#### Directions for this task
Give the count of lines in the entries that include "IfSome", and write nothing besides it.

= Beginning of Section =

//! A search through all maps of the places of a problem, place by place.
ghost use Rattle.std.specs.Prelude.{◌≡◌, ℕ, ◌<◌, ◌^◌, List, [], ◌∷◌, ◌++◌, length, IfOk, IfSome, IfNone};
ghost use Rattle.map_search.specs.Maps.{IsMap, IsNext, NoneFits};
ghost use Rattle.map_search.specs.Ends.{IsEnding};

use rdf_terms::NoMemory;
use std::alloc::Global;

/// Places that are to be mapped to numbers, one after the other.
pub trait Problem {
    ghost use Rattle.std.specs.Prelude.{ℕ, Bool, List, IfOk};

    /// How many places there are.
    ghost places: { Self → ℕ };

    /// Images are below this number.
    ghost bound: { Self → ℕ };

    /// Whether the next place may have this image, behind the images of the places before it.
    ghost fits: { Self → List ℕ → ℕ → Bool };

    /// Whether these images of all places are what is looked for.
    ghost sought: { Self → List ℕ → Bool };

    fn places(&self) -> usize
        ensures places { result ≡ places self.now }
        ensures bound { bound self.now < 2 ^ 32 };

    /// The least image from `from` on that the next place may have.
    fn next(&self, images: &[u32], from: u32) -> Option<u32>
        requires short { length images.now < places self.now }
        requires is_map { IsMap (bound self.now) (fits self.now) images.now }
        ensures some { IfSome result (IsNext (bound self.now) (fits self.now images.now) from) }
        ensures none { IfNone result (NoneFits (bound self.now) (fits self.now images.now) from) };

    fn is_sought(&self, alloc: Global, images: &[u32]) -> Result<bool, NoMemory>
        requires whole { length images.now ≡ places self.now }
        requires is_map { IsMap (bound self.now) (fits self.now) images.now }
        ensures { IfOk result (λ is. is ≡ sought self.now images.now) };
}

/// How a search ends: with a map that is sought, or there is none, or more maps of first places were
/// met than the limit.
#[derive(Debug, Drop)]
pub enum Ending {
    Found(Vec<u32>),
    Nothing,
    PastLimit,
}

fn drop_last(images: &mut Vec<u32>)
    ensures { (front : List ℕ) (last : ℕ) → images.old.items ≡ front ++ last ∷ [] → images.new.items ≡ front }
{
    images.pop();
}

/// Looks for the first map of all places that is sought, and meets at most `limit` maps of first
/// places on the way, the empty one among them.
pub fn find_map<P: Problem>(alloc: Global, problem: &P, limit: u64) -> Result<Ending, NoMemory>
    requires { 0 < P.places problem.now }
    ensures { IfOk result (IsEnding (P.bound problem.now) (P.fits problem.now) (P.places problem.now) (P.sought problem.now) limit) }
{
    if limit == 0 {
        return Ok(Ending::PastLimit);
    }
    let places = problem.places();
    let mut images: Vec<u32> = Vec::new(alloc);
    let mut from = 0;
    let mut tried = 1;
    'maps: loop {
        match problem.next(images.as_slice(), from) {
            None => match images.pop() {
                None => return Ok(Ending::Nothing),
                Some(last) => from = last + 1,
            },
            Some(image) => {
                if tried == limit {
                    return Ok(Ending::PastLimit);
                }
                tried += 1;
                images.push(image)?;
                if images.len() < places {
                    from = 0;
                } else {
                    let is_sought = problem.is_sought(alloc, images.as_slice())?;
                    if is_sought {
                        return Ok(Ending::Found(images));
                    }
                    drop_last(&mut images);
                    from = image + 1;
                }
            }
        }
    }
}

= End of Section =

#### Result of the exercise
2